Included on this thread will be swing trade short positions. I don't have any current short swing positions, but BTC is setting up for a short. The signal might trigger tomorrow, but given that it is then the w/e, I'm not so sure I have the balls to short it into the w/e.


jog on
duc


----------



## barney (30 April 2021)

ducati916 said:


> I am experimenting with some




Looking forward to it Mr @ducati916


----------



## ducati916 (1 May 2021)

ducati916 said:


> So having taken some inspiration from the Dump It thread and Mr @Skate 'trend trading' admonitions, I am experimenting with some swing trades.
> 
> Entered today:
> 
> ...





So closed: GBP & Gasoline for a loss.

Added SPY Short @ $417.51
Long TAN @ $83.95
Long XLU @ $66.38

jog on
duc


----------



## qldfrog (1 May 2021)

ducati916 said:


> Included on this thread will be swing trade short positions. I don't have any current short swing positions, but BTC is setting up for a short. The signal might trigger tomorrow, but given that it is then the w/e, I'm not so sure I have the balls to short it into the w/e.
> 
> 
> jog on
> duc






ducati916 said:


> So closed: GBP & Gasoline for a loss.
> 
> Added SPY Short @ $417.51
> Long TAN @ $83.95
> ...



Do you do this via coded system  or purely discretionary-ly?
I like the idea of swing trades as you can pursue these even in a choppy or falling market.keep us informed


----------



## ducati916 (1 May 2021)

qldfrog said:


> Do you do this via coded system  or purely discretionary-ly?
> I like the idea of swing trades as you can pursue these even in a choppy or falling market.keep us informed




Discretionary.

I'll be trading stocks, currencies and commodities. Stocks and commodities should work out ok, currencies still struggling to find a happy medium. They should work well as they trend, but not so much (success) to date.
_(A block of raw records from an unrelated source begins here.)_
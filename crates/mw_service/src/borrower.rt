//! A session's service that borrows a pass for each request.
//!
//! mw_programs makes one for each client that a server with `--clients` serves at once. `specs/Borrowed` and
//! `specs/OwnReplies` say what it answers: change them together. A new question of a session needs a call here and in `served`.
ghost use Rattle.mw_service.specs.Borrowed.{IsNoteOfEngine};

use crate::pass_pool::PassPool;
use crate::read_pool::ReadPool;
use crate::request_tokens::{OwnTokens, TokenBrand, TokenTable};
use mw_disk::Disk;
use mw_engine::{Engine, EngineBrand, Hold, Note};
use mw_report::Figures;
use mw_session::{FaultWatch, Service};
use mw_words::{Job, Name, Reply};
use std::sync::Wait;

/// Serves a session's requests, each with a pass that it borrows for this request alone. So it holds none while it
/// waits for its client.
#[derive(Drop)]
pub struct Borrower<'a, J: EngineBrand, K: TokenBrand, D: Disk, H, R, T> {
    engine: &'a Engine<J, D, H>,
    tokens: &'a TokenTable<K>,
    /// The passes for reads and reports. None: these take from `passes` too.
    reads: Option<&'a ReadPool<J, K>>,
    /// The passes for changes.
    passes: &'a PassPool<'a, J, K>,
    /// Its number among the sessions, which says which pass it reads with.
    number: usize,
    /// What its sessions have seen. None before the first reply to a job and the first figures.
    note: Option<Note>,
    /// The tokens of the requests that its sessions were answered.
    own: OwnTokens<K>,
    rt: &'a R,
    watch: &'a T,
    ghost its: { IsNoteOfEngine J.identity note },
}

impl<'a, J: EngineBrand, K: TokenBrand, D: Disk, H, R, T> Borrower<'a, J, K, D, H, R, T> {
    /// Makes the service of the session of this number, which borrows from these pools. It tells the watch of each request
    /// that is answered FAULT.
    pub fn new(
        number: usize,
        engine: &'a Engine<J, D, H>,
        tokens: &'a TokenTable<K>,
        reads: Option<&'a ReadPool<J, K>>,
        passes: &'a PassPool<'a, J, K>,
        rt: &'a R,
        watch: &'a T,
    ) -> Self {
        Borrower {
            engine,
            tokens,
            reads,
            passes,
            number,
            note: None,
            own: tokens.none(),
            rt,
            watch,
        }
    }
}

impl<J: EngineBrand, K: TokenBrand, D: Disk + Drop, H: Hold + Drop, R: Wait, T: FaultWatch> Service
    for Borrower<'_, J, K, D, H, R, T> {
    ghost use Rattle.mw_engine.specs.Identity.{HasWords};
    ghost use Rattle.mw_service.specs.OwnReplies.{AnswersOwn};

    ghost answered = { λ old call new. AnswersOwn J.identity (record { note = old.note; tokens = old.own.seat.me.0.tokens }) call (record { note = new.note; tokens = new.own.seat.me.0.tokens }) };

    ghost has_words = { λ _. HasWords J.identity.lines };

    fn find(&self, name: &Name) -> Option<(u8, u16)> {
        self.engine.find(name)
    }

    fn ask(&mut self, tenant: u8, job: &Job) -> Reply {
        let note = self.note.take();
        let (reply, note, token) = match (self.reads, job) {
            (Some(reads), Job::Get(address)) => reads.read(
                self.rt,
                self.engine,
                self.tokens,
                self.number,
                note,
                tenant,
                *address,
            ),
            _ => self
                .passes
                .serve(self.rt, self.engine, self.tokens, note, tenant, job),
        };
        self.note = Some(note);
        self.tokens.add(&mut self.own, token);
        if let Reply::Fault = reply {
            self.watch.fault(tenant);
        }
        reply
    }

    fn figures(&mut self) -> Figures {
        let note = self.note.take();
        let (figures, note) = match self.reads {
            Some(reads) => reads.figures(self.rt, self.engine, self.number, note),
            None => self.passes.figures(self.rt, self.engine, note),
        };
        self.note = Some(note);
        figures
    }
}
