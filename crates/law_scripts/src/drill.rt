//! The headline of each script that `drill` reads, with no premise on what it sets up: its creates, locks and unlocks act at most once, no
//! write acts behind a newer channel sequence, a file that denies writers is one connection's, and a session is accepted only on what was
//! negotiated. And completeness: a script that ends in settling leaves no operation unsettled. What a program that drives a script calls
//! for the sentence that it ends with.
//!
//! Each law is a public function, whose contract is the statement, which stands in `specs`.

ghost use Rattle.law_scripts.specs.drill.Drills.{MadeScriptsHold, ScriptsHold};

use crate::generated::made_lines_law;
use crate::headline::headline_law;
use crate::quiet_runs::scripts_end_law;
use crate::settings_fit::{default_settings_law, script_counts_law, script_settings_law};
use crate::settling::scripts_settle_law;

/// Of the run of any script that is read, whatever it draws: the first three sentences where no line tampers with what
/// is on its way, the last
/// one of all; and where it ends in settling and no line tampers, no operation is left unsettled.
pub fn script_headline_law()
    ensures holds { ScriptsHold }
{
    headline_law();
    script_settings_law();
    script_counts_law();
    scripts_settle_law();
    scripts_end_law();
}

/// Of the run of the script that a key gives, with up to 1,048,576 operations, whatever the run draws: all four sentences.
pub fn made_headline_law()
    ensures holds { MadeScriptsHold }
{
    headline_law();
    default_settings_law();
    made_lines_law();
}
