//! The keys of a session and of its channels, signatures, sealed messages and nonces (MS-SMB2 3.1.4.1 to 3.1.4.3).

mod derivation;
mod laws;
mod nonces;
mod sealing;
mod signing;

pub use derivation::{bind, derive};
pub use laws::nonces_once_law;
pub use nonces::{Nonces, Spent};
pub use sealing::{seal, seal_in_place, unseal, unseal_in_place};
pub use signing::{sign, verify};
pub use spec_crypto::{Chosen, Keys, SealError, Signer};
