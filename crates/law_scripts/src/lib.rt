//! What a script sets up and drives, and all four sentences of the headline for its run. It is a room because it is the
//! top of the laws, without premises on a script. The command `drill` stands on it.
#![tactic(auto)]

mod drill;
mod generated;
mod headline;
mod quiet_runs;
mod schedules;
pub mod script_runs;
mod script_setup;
mod settings_fit;
mod settling;

pub use drill::{made_headline_law, script_headline_law};
pub use generated::{gen_reads_back_law, lines_read_back_law, made_lines_law};
pub use headline::headline_law;
pub use quiet_runs::{lines_end_law, scripts_end_law};
pub use schedules::{schedule_law, script_schedule_law};
pub use script_runs::{run_course_law, run_refusal_law};
pub use settings_fit::{default_settings_law, script_counts_law, script_settings_law};
pub use settling::{lines_settle_law, scripts_settle_law};
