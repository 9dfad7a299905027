//! What a script of `drill` sets up and drives, in the world over bytes: its settings and its lines. The crate has definitions alone.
I was going to add 1 more trade. By the time I had decided, the commodity markets were closed. I do remember something about them closing early, so next week at some point I'll add a new commodity trade.

jog on
duc


----------



## ducati916 (1 May 2021)

Added Long NFLX @ $512.27


jog on
duc


----------



## ducati916 (2 May 2021)

So having had some time over the w/e (Saturday) to (a) do a little research and (b) apply that research the following resulted.

(i) I like the systems traders approach in stock picking. That is to say that it is automated. The scans pick the stocks that fit your back tested criteria and you buy them. 

(ii) Studies (over the last 40yrs) have shown that a simple algorithm outperforms an 'expert' in 'prediction' across all manner of specialties. Therefore, a simple algorithm will likely pick stocks (certainly more consistently) that have certain characteristics that have the potential to outperform in the short-term, ie. the next 3/4 weeks max. So I have that simple algorithm, this thread is a live test of that. This has therefore become somewhat of a hybrid methodology.

(iii) So the scan threw up about 12 candidates. That is a manageable number. This is in addition to probably 20 ETFs that I monitor on a daily basis. Of those 12 candidates, I put them through a further 3 step process. Of these 2 are objective and 1 subjective.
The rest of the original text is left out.